Bank Of Uganda Warned Traders Against Cryptoasset Business

May 10, 2022 at 12:00 // News
Coin Idol
The central bank has not allowed any company to offer services related to cryptocurrencies

The Central Bank of Uganda (BoU) has warned citizens against using Bitcoin and other forms of cryptocurrencies for business.

The central bank has not allowed any company to offer services related to cryptocurrencies. This comes a few months after the government allocated land to American singer Akon for the construction of a smart city called 'Akon City', where cryptocurrencies will be used.

In February 2022, the Ugandan government promised to provide AKON with land to enable the construction of a $6 billion futuristic smart city that would fully utilize the cryptocurrency AKOIN. On April 2, 2021, Akon visited Uganda at the invitation of President Yoweri Museveni to discuss investment and key business opportunities in energy, tourism, infrastructure and cryptocurrencies, as well as technology, including the dream of 'one Africa, one Koin' that the rapper has preached on the continent.

The president wanted to be part of the group that would transform Africa's infrastructure and financial sector by building futuristic cities powered by smart technologies such as Akoin cryptoasset, blockchain, artificial intelligence, etc. When Museveni invited Akon to invest in cryptoassets, the asset was not even recognized as legal tender in Uganda, but the president was fully supportive of this type of disruptive financial technology. This gave a small glimmer of hope that the asset would soon be recognized and regulated.

Crypto traders: BoU warns traders not to do business online

In a letter dated April 29, 2022, Andrew Kawere, director of the National Payments System, shared that the BoU has been watching with concern some businesses promoting the conversion of crypto assets to mobile money and vice versa, which he believes is illegal. 

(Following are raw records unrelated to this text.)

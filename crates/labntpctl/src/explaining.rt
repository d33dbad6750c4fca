//! Explains what datagrams would get, and why.

use crate::commands_file::Loaded;
use crate::desk::{Clerk, Desk, MOST_REPORTED_OCTETS, Named, RECORD_FORM, Stop, date};
use ntp_admin::{Outcome, print_answer};
use ntp_clerk::{
    Capture, Datagram, GivenKey, Terms, algorithm_under, algorithm_word, capture_in, datagram_in,
    next_record, packet_in, terms_of,
};
use ntp_client::reference_unsynchronised;
use ntp_host::moment_now;
use ntp_mac::Algorithm;
use ntp_packet::{Malformed, Moment, Stamp, Tail, read_header, read_request};
use ntp_reply::{Answer, Reason};
use ntp_service::Address;
use std::alloc::{AllocError, Global};
use std::io::{self, BufWriter, Stdout, Write};

/// What holds for all datagrams.
const HEAD: &str =
    "What labntpd counted so far is not known here: each datagram is taken for the first of a window of 64 seconds.";

/// Explains what a datagram from an address would get by the commands file, or those of a capture file.
pub fn explain(clerk: &Clerk<'_>, word: &str, from: Option<Address>) -> Result<(), Stop> {
    let desk = clerk.desk;
    let mut explainer = Explainer {
        out: desk.buffered_output()?,
        alloc: desk.alloc(),
        loaded: clerk.load()?,
        now: moment_now(&desk.rt),
        explained: 0,
    };
    match from {
        Some(from) => explainer.digits(desk, from, word),
        None => explainer.file(clerk, word),
    }
}

// Explains datagrams by a service of its own.
#[derive(Drop)]
struct Explainer {
    out: BufWriter<Stdout>,
    alloc: Global,
    loaded: Loaded,
    now: Moment,
    // How many were explained so far.
    explained: u64,
}

impl Explainer {
    // Explains a datagram whose octets are given in hexadecimal digits.
    fn digits(&mut self, desk: Desk<'_>, from: Address, digits: &str) -> Result<(), Stop> {
        let octets = hex::decode(self.alloc, digits).map_err(|fault| match fault {
            hex::FromHexError::OutOfMemory => Stop::Memory,
            _ => desk.refusal("DATAGRAM: hexadecimal digits, an even number, are wanted"),
        })?;
        let _ = writeln!(self.out, "{HEAD}");
        self.datagram(from, &octets)?;
        desk.printed(self.out.flush())
    }

    // Explains the datagrams of the capture file at a path, as far as it is whole.
    fn file(&mut self, clerk: &Clerk<'_>, path: &str) -> Result<(), Stop> {
        let desk = clerk.desk;
        let octets = desk.octets(path, MOST_REPORTED_OCTETS)?;
        let capture = capture_in(&octets).map_err(|fault| desk.refusal_at(path, fault))?;
        let _ = writeln!(self.out, "{HEAD}");
        let cut = self.capture(clerk, capture)?;
        desk.printed(self.out.flush())?;
        let Some(record) = cut else {
            return Ok(());
        };
        Err(desk.refusal_at(path, format_args!("record {record} is cut short")))
    }

    // Explains the datagrams of a capture file to a port, but for the server's own replies. Returns the number of the record that is
    // cut short, if one is.
    fn capture(&mut self, clerk: &Clerk<'_>, file: Capture<'_>) -> Result<Option<u64>, AllocError> {
        let (own, port) = (clerk.server().map(|server| server.address), clerk.port());
        let mut whole: u64 = 0;
        let mut rest = file.records;
        for _ in 0..file.records.len() {
            let Some(record) = next_record(file.order, rest) else {
                break;
            };
            whole = whole.saturating_add(1);
            let packet = packet_in(file.link, record.frame);
            if let Some(datagram) = packet.and_then(|packet| datagram_in(packet, port))
                && !is_reply_of(own, &datagram)
            {
                if let Some(date) = date(self.alloc, record.seconds, RECORD_FORM) {
                    let _ = write!(self.out, "{date} ");
                }
                self.datagram(Address(datagram.source), datagram.payload)?;
            }
            rest = record.behind;
        }
        let explained = self.explained;
        let _ = writeln!(
            self.out,
            "{whole} records, {explained} whole UDP datagrams to port {port}"
        );
        let is_cut = !rest.is_empty();
        Ok(is_cut.then_some(whole.saturating_add(1)))
    }

    // Explains a datagram, in a line.
    fn datagram(&mut self, address: Address, octets: &[u8]) -> Result<(), AllocError> {
        let answer = self.answer(address, octets);
        let outcome = Outcome::Datagram(answer);
        let line = print_answer(self.alloc, &outcome).map_err(|_| AllocError)?;
        let line = line.as_str().trim_end();
        // The reason of a silence is shown, and no octets.
        let word = match line.split_once(' ') {
            Some((word, _)) if word != "silent" => word,
            _ => line,
        };
        let (count, from) = (octets.len(), Named(address, self.loaded.name(address)));
        let _ = write!(self.out, "{count} octets from {from}");
        let _ = self.write_fields(octets);
        let _ = write!(self.out, ": {word}: ");
        if let Outcome::Datagram(answer) = &outcome {
            let _ = self.write_why(address, octets, answer);
        }
        let _ = writeln!(self.out, "");
        self.explained = self.explained.saturating_add(1);
        Ok(())
    }

    // Answers a datagram in a window of 64 seconds of its own.
    fn answer(&mut self, address: Address, octets: &[u8]) -> Answer {
        let Stamp(units) = self.now.stamp;
        let moment = Moment {
            stamp: Stamp(units.wrapping_add(self.explained.wrapping_mul(64 << 32))),
            ..self.now
        };
        let reference = reference_unsynchronised();
        let service = &mut self.loaded.service;
        service.datagram(address, moment, moment, &reference, octets)
    }

    // Writes what a datagram says: version, mode, key number and the length of its MAC.
    fn write_fields(&mut self, octets: &[u8]) -> io::Result<()> {
        let out = &mut self.out;
        if let Some(header) = read_header(octets) {
            let (version, mode) = (header.version(), header.mode());
            write!(out, ", version {version}, mode {mode}")?;
        }
        match read_request(octets).map(|request| request.tail) {
            Ok(Tail::Absent) => write!(out, ", no MAC"),
            Ok(Tail::Bare(number)) => write!(out, ", key number {number}, no digest"),
            Ok(Tail::Md5 { number, .. }) => write!(out, ", key number {number}, MAC of 20 octets"),
            Ok(Tail::Sha1 { number, .. }) => write!(out, ", key number {number}, MAC of 24 octets"),
            Err(_) => Ok(()),
        }
    }

    // Writes why a datagram from an address gets this answer.
    fn write_why(&mut self, from: Address, octets: &[u8], answer: &Answer) -> io::Result<()> {
        // The prover has to see which types stand within `Terms`.
        let _types: Option<GivenKey> = None;
        let customer = self.loaded.service.customer(from);
        let terms = customer.and_then(|customer| terms_of(customer));
        let refused = "four refusals are sent in a window, then silence (muted)";
        match answer {
            Answer::Time { .. } | Answer::Rate(_) => {
                let budget = terms.map_or(0, |terms| terms.budget.get());
                write!(
                    self.out,
                    "a signed query, the time for the first {budget} of a window, which are its budget; then RATE once, \
                     then silence (over-budget)"
                )
            }
            Answer::Deny(_) if terms.is_some() => write!(self.out, "it has no MAC; {refused}"),
            Answer::Deny(_) => write!(self.out, "its address is revoked; {refused}"),
            Answer::Nak(_) => {
                self.write_nak(terms, octets)?;
                write!(self.out, "; {refused}")
            }
            Answer::Silent(reason) => self.write_reason(*reason),
        }
    }

    // Writes what is wrong with the MAC of a datagram of a customer with these terms, if it is enrolled.
    fn write_nak(&mut self, terms: Option<Terms>, octets: &[u8]) -> io::Result<()> {
        let out = &mut self.out;
        let tail = read_request(octets).map_or(Tail::Absent, |request| request.tail);
        let (number, there) = match tail {
            Tail::Md5 { number, .. } => (number, Algorithm::Md5),
            Tail::Sha1 { number, .. } => (number, Algorithm::Sha1),
            _ => return write!(out, "its MAC is under no key of the customer"),
        };
        let wanted = match &terms {
            Some(terms) => algorithm_under(terms, number),
            None => None,
        };
        match wanted {
            None => {
                write!(out, "key number {number} is none of the customer's")?;
                let number = u16::try_from(number).ok();
                match number.and_then(|number| self.loaded.service.holder(number)) {
                    Some(holder) => {
                        let holder = Named(holder, self.loaded.name(holder));
                        write!(out, ": {holder} has it")
                    }
                    None => Ok(()),
                }
            }
            Some(wanted) if wanted != there => {
                let (wanted, there) = (algorithm_word(wanted), algorithm_word(there));
                write!(
                    out,
                    "key {number} is for {wanted}, and the MAC has the length of {there}"
                )
            }
            Some(_) => write!(
                out,
                "its digest is not by key {number}: the client has other octets, or somebody else made or changed it"
            ),
        }
    }

    // Writes why a datagram gets no reply.
    fn write_reason(&mut self, reason: Reason) -> io::Result<()> {
        let (out, field) = (&mut self.out, "extension field at octet");
        match reason {
            Reason::Unregistered => write!(out, "its address was never enrolled"),
            Reason::Malformed(Malformed::Short) => write!(out, "it has fewer than 48 octets"),
            Reason::Malformed(Malformed::Long) => write!(out, "it has more than 1024 octets"),
            Reason::Malformed(Malformed::FieldShort { at }) => {
                write!(out, "the length of the {field} {at} is below 16")
            }
            Reason::Malformed(Malformed::FieldUnaligned { at }) => {
                write!(out, "the length of the {field} {at} is no multiple of 4")
            }
            Reason::Malformed(Malformed::FieldPastEnd { at }) => {
                write!(out, "the {field} {at} is longer than what is left")
            }
            Reason::Malformed(Malformed::Rest { at }) => write!(
                out,
                "what stands from octet {at} on has the length of no MAC: 0, 4, 20 or 24 octets"
            ),
            Reason::Version => write!(out, "its version is neither 3 nor 4"),
            Reason::Mode => write!(out, "its mode is not 3, that of a client"),
            Reason::Bare => write!(out, "a key number without a digest stands behind it"),
            Reason::Muted => write!(out, "four refusals were sent in the window"),
            Reason::OverBudget => write!(out, "the budget of the window is spent"),
        }
    }
}

// Returns whether a datagram is a reply of the server at this address, if it is known: its mode is 4 (RFC 5905, 7.3).
fn is_reply_of(own: Option<Address>, datagram: &Datagram<'_>) -> bool {
    own == Some(Address(datagram.source))
        && read_header(datagram.payload).is_some_and(|header| header.mode() == 4)
}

Under the leadership of new Deputy Governor Michael Atingi-Ego, the BoU banned the use of cryptocurrencies in the country on May 2. Atingi-Ego advised Ugandans not to get involved with these cryptocurrencies because if they go belly up, you have nowhere to turn - you just lose your money. 

This is because there are still no regulations for cryptocurrencies in Uganda and most parts of the world. He added that government authorities do not know the owners and locations of these cryptocurrencies. Therefore, Ugandans should not come up with narratives like "I have a cryptoasset and this is the rate of return in it." The Deputy Governor told the crypto-maniacs not to be deceived and not to engage in cryptocurrency activities.

This is not the first time the Central Bank has expressed pessimism about cryptocurrencies. During the July 2019 Blockchain Conference in Kampala, President Museveni supported blockchain and cryptocurrencies, expressing optimism that these tools would transform the country's struggling ICT, agriculture, services, and manufacturing sectors. However, when the late Professor Emmanuel Mutebile, then governor of the Bank of Uganda, stood up to address attendees, he advised nationals against engaging in cryptocurrencies and revealed that the BoU has a plan to ban all such form of digital assets.

The late Mutebile even instructed the BoU to issue a warning to inform the public about the risks associated with cryptocurrencies. Those Ugandans who did not heed the BoU's warning ended up losing more than 10 billion UGX (about $2,813,400) to a fake cryptocurrency company called Dunamiscoins Resources Limited.